Apple has been active in this area for a while, but has gone quiet recently. Back in 2015 (when it was still selling the $17k Watch), it unveiled ResearchKit, an open source platform that was designed to let medical researchers collect biometric data for their research. ResearchKit also supported the iPhone 5 and up, and was the subject of a lot of rumors in Q1 2015 – with arguments raging over whether a scientific study could ever make actual use of data gathered through non-lab calibrated equipment.
Since then, ResearchKit has made headway, but there’s no concrete benchmark that Apple can swing around when it comes to measuring its impact on the medical world. Shortly after the ResearchKit announcement, Apple and IBM signed a partnership to expand their iOS application development from enterprise applications to healthcare. IBM has been pretty keen to develop its Watson AI platform as a tool for hospitals to use in both diagnoses and outbreak monitoring.
Later in 2015, Duke Medicine, Johns Hopkins, and Oregon Health & Science University announced that they were using ResearchKit to study autism, epilepsy, and melanoma – using an iPhone app to help better log patient data. One of the biggest problems that non-clinical medical research has faced is getting patients to log their behavior, and using an app could help prompt participants and patients to input data at better routine intervals.
The next progression was the launch of CareKit, a version for linking patients with their care providers (doctors and nurses). The first CareKit-based app was Parkinson mPower, developed by Sage Bionetworks and the University of Rochester, which was used by around 10,000 Parkinson’s sufferers – the largest such app usage, by some distance. More CareKit apps followed, including diabetes and depression treatments.
The next step was adding HL7, a healthcare data exchange language (also referred to as FHIR – Fast Healthcare Interoperability Resources), into iOS 10, followed by early partnerships with health insurers (Aetna, more Aetna, and Vitality), and increased competition from rivals like Fitbit through a partnership with Medtronic. There were rumors that Apple was developing optical sensors for measuring blood sugar levels too, which could eventually see such a feature added to the Apple Watch – which would be a huge leap forward.

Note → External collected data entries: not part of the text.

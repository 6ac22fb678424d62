ghost use Rattle.std.specs.Prelude.{◌≡◌, ◌≤◌, [], IfOk, IfErr, OnOk, Ok, Err, map, length, None, not, string_bytes};
ghost use Rattle.std.specs.List.{find};
ghost use Rattle.std.specs.BTreeMap.{keys};
ghost use Rattle.std.specs.Option.{option_map};
ghost use Rattle.std.specs.Result.{result_map_both};
ghost use Rattle.toml.specs.View.{view, table_view};
ghost use Rattle.platform_document.specs.Reading.{StopsAt, found_at, integer_of, flag_of, table_of, entry_of, list_of, counted, number_within, number_value, number_at, text_at, word_of, word_at, each, word_after, list_at, entries_at, is_known, unknown_in, IsOther};

use crate::fault::WalkFault;
use crate::path::{Key, Path, TablePlace};
use crate::word::Word;
use cpu_table::Text;
use std::alloc::Global;
use toml::{Table, Value};

/// The greatest integer of a TOML file.
pub const GREATEST: u64 = 9223372036854775807;

/// What a table holds at a key.
pub fn member<'a>(table: &'a Table, path: Path) -> Option<&'a Value>
    ensures { option_map (λ value. view value.now) result ≡ found_at path (table_view table.now) }
{
    table.get(path.key.text())
}

// The integer of a value.
fn integer_of(value: &Value, path: Path) -> Result<i64, WalkFault>
    ensures { result ≡ integer_of path (view value.now) }
{
    match value.as_integer() {
        Some(number) => Ok(number),
        None => Err(WalkFault::WrongType(path)),
    }
}

/// A number within its range.
pub fn number_within(number: i64, path: Path, first: u64, last: u64) -> Result<u64, WalkFault>
    ensures number { result ≡ number_within path first last number }
    ensures within { IfOk result (λ n. (first ≤ n) × (n ≤ last)) }
{
    match u64::try_from(number) {
        Ok(natural) if first <= natural && natural <= last => Ok(natural),
        _ => Err(WalkFault::Range(path, number)),
    }
}

/// The number of a value, within its range.
pub fn number_value(value: &Value, path: Path, first: u64, last: u64) -> Result<u64, WalkFault>
    ensures number { result ≡ number_value path first last (view value.now) }
    ensures within { IfOk result (λ n. (first ≤ n) × (n ≤ last)) }
{
    let number = integer_of(value, path)?;
    number_within(number, path, first, last)
}

/// The number that a key holds, within its range.
pub fn number_at(table: &Table, path: Path, first: u64, last: u64) -> Result<u64, WalkFault>
    ensures number { result ≡ number_at path first last (table_view table.now) }
    ensures within { IfOk result (λ n. (first ≤ n) × (n ≤ last)) }
{
    match member(table, path) {
        Some(value) => number_value(value, path, first, last),
        None => Err(WalkFault::Missing(path)),
    }
}

/// What the text of a value stands for.
pub fn word_of<W: Word + Drop>(value: &Value, path: Path) -> Result<W, WalkFault>
    ensures { result ≡ word_of path W.meaning (view value.now) }
{
    match value.as_str() {
        Some(text) => match W::of(text) {
            Some(word) => Ok(word),
            None => Err(WalkFault::Word(path)),
        },
        None => Err(WalkFault::WrongType(path)),
    }
}

/// What the text at a key stands for.
pub fn word_at<W: Word + Drop>(table: &Table, path: Path) -> Result<W, WalkFault>
    ensures { result ≡ word_at path W.meaning (table_view table.now) }
{
    match member(table, path) {
        Some(value) => word_of(value, path),
        None => Err(WalkFault::Missing(path)),
    }
}

/// What the texts of a list stand for.
pub fn words_of<W: Word + Drop>(
    alloc: Global,
    values: &[Value],
    path: Path,
) -> Result<Vec<W>, WalkFault>
    ensures words { IfOk result (λ words. each (word_after path W.meaning) [] (map view values.now) ≡ Ok words.items) }
    ensures count { IfOk result (λ words. length words.items ≡ length values.now) }
    ensures refused { IfErr result (StopsAt (each (word_after path W.meaning) [] (map view values.now))) }
{
    let mut words = Vec::with_capacity(alloc, values.len())?;
    for value in values {
        let word = word_of(value, path)?;
        words.push(word)?;
    }
    Ok(words)
}

/// A copy of the text at a key.
pub fn text_at(alloc: Global, table: &Table, path: Path) -> Result<Text, WalkFault>
    ensures text { IfOk result (λ text. text_at path (table_view table.now) ≡ Ok text) }
    ensures refused { IfErr result (StopsAt (text_at path (table_view table.now))) }
{
    match member(table, path) {
        Some(value) => match value.as_str() {
            Some(text) => Ok(Text::from_str(alloc, text)?),
            None => Err(WalkFault::WrongType(path)),
        },
        None => Err(WalkFault::Missing(path)),
    }
}

/// The flag of a value.
pub fn flag_of(value: &Value, path: Path) -> Result<bool, WalkFault>
    ensures { result ≡ flag_of path (view value.now) }
{
    match value.as_bool() {
        Some(flag) => Ok(flag),
        None => Err(WalkFault::WrongType(path)),
    }
}

/// The table of a value.
pub fn table_of<'a>(value: &'a Value, path: Path) -> Result<&'a Table, WalkFault>
    ensures { result_map_both (λ table. table_view table.now) (λ fault. fault) result ≡ table_of path (view value.now) }
{
    match value.as_table() {
        Some(table) => Ok(table),
        None => Err(WalkFault::WrongType(path)),
    }
}

/// The table of an entry of a list.
pub fn entry_of<'a>(value: &'a Value, place: TablePlace) -> Result<&'a Table, WalkFault>
    ensures { result_map_both (λ table. table_view table.now) (λ fault. fault) result ≡ entry_of place (view value.now) }
{
    match value.as_table() {
        Some(table) => Ok(table),
        None => Err(WalkFault::NoTable(place)),
    }
}

// A list with a length within its range.
fn counted<'a>(
    values: &'a [Value],
    path: Path,
    first: usize,
    last: usize,
) -> Result<&'a [Value], WalkFault>
    ensures list { result_map_both (λ values. map view values.now) (λ fault. fault) result ≡ counted path first last (map view values.now) }
    ensures length { IfOk result (λ values. (first ≤ length values.now) × (length values.now ≤ last)) }
{
    let count = values.len();
    if first <= count && count <= last {
        Ok(values)
    } else {
        Err(WalkFault::Range(path, count as i64))
    }
}

/// The list of a value.
pub fn list_of<'a>(
    value: &'a Value,
    path: Path,
    first: usize,
    last: usize,
) -> Result<&'a [Value], WalkFault>
    ensures list { result_map_both (λ values. map view values.now) (λ fault. fault) result ≡ list_of path first last (view value.now) }
    ensures length { IfOk result (λ values. (first ≤ length values.now) × (length values.now ≤ last)) }
{
    match value.as_array() {
        Some(values) => counted(values, path, first, last),
        None => Err(WalkFault::WrongType(path)),
    }
}

/// The list at a key.
pub fn list_at<'a>(
    table: &'a Table,
    path: Path,
    first: usize,
    last: usize,
) -> Result<&'a [Value], WalkFault>
    ensures list { result_map_both (λ values. map view values.now) (λ fault. fault) result ≡ list_at path first last (table_view table.now) }
    ensures length { IfOk result (λ values. (first ≤ length values.now) × (length values.now ≤ last)) }
{
    match member(table, path) {
        Some(value) => list_of(value, path, first, last),
        None => Err(WalkFault::Missing(path)),
    }
}

/// The list at a key that may be missing: it has no entry then.
pub fn entries_at<'a>(table: &'a Table, path: Path, last: usize) -> Result<&'a [Value], WalkFault>
    ensures list { result_map_both (λ values. map view values.now) (λ fault. fault) result ≡ entries_at path last (table_view table.now) }
    ensures length { IfOk result (λ values. length values.now ≤ last) }
{
    match member(table, path) {
        Some(value) => list_of(value, path, 0, last),
        None => Ok(&[]),
    }
}

// Is the name one of the keys?
fn is_known(keys: &[Key], name: &str) -> bool
    ensures { result ≡ is_known keys.now name.now }
{
    keys.iter().any(|key| key.text() == name)
}

// The first key of a table that is none of the keys, in byte order.
fn first_other<'a>(table: &'a Table, known: &[Key]) -> Option<&'a String>
    ensures { option_map (λ name. name.now) result ≡ find (λ name. not (is_known known.now (string_bytes name))) (keys table.now) }
{
    table.keys().find(|name| !is_known(known, name.as_str()))
}

fn unknown_in<'a>(table: &'a Table, known: &[Key]) -> Option<&'a String>
    ensures { option_map (λ name. string_bytes name.now) result ≡ unknown_in known.now (table_view table.now) }
{
    first_other(table, known)
}

/// Refuses a table that has another key.
pub fn refuse_others(
    alloc: Global,
    table: &Table,
    place: TablePlace,
    keys: &[Key],
) -> Result<(), WalkFault>
    ensures none { OnOk result (unknown_in keys.now (table_view table.now) ≡ None) }
    ensures refused { IfErr result (IsOther place (unknown_in keys.now (table_view table.now))) }
{
    match unknown_in(table, keys) {
        Some(name) => Err(WalkFault::Unknown(place, Text::from_str(alloc, name.as_str())?)),
        None => Ok(()),
    }
}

Which brings us mostly to today. Darren Dworkin, CIO at Cedars-Sinai hospital said “putting the patient at the center of their care by enabling them to direct and control their own health records has been a focus for us at Cedars-Sinai for some time. We are thrilled to see Apple taking the lead in this space by enabling access for consumers to their medical information on their iPhones. Apple is uniquely positioned to help scale adoption because they have both a secure and trusted platform and have adopted the latest industry open standards at a time when the industry is well positioned to respond.”
The 12 hospitals taking part in the beta are: Johns Hopkins Medicine, Baltimore, Maryland; Cedars-Sinai, Los Angeles, California; Penn Medicine, Philadelphia, Pennsylvania; Geisinger Health System, Danville, Pennsylvania; UC San Diego Health, San Diego, California; UNC Health Care, Chapel Hill, North Carolina; Rush University Medical Center, Chicago, Illinois; Dignity Health, Arizona, California and Nevada; Ochsner Health System, Jefferson Parish, Louisiana; MedStar Health, Washington, DC, Maryland and Virginia; OhioHealth, Columbus, Ohio; and Cerner Health Clinic, Kansas City, Missouri.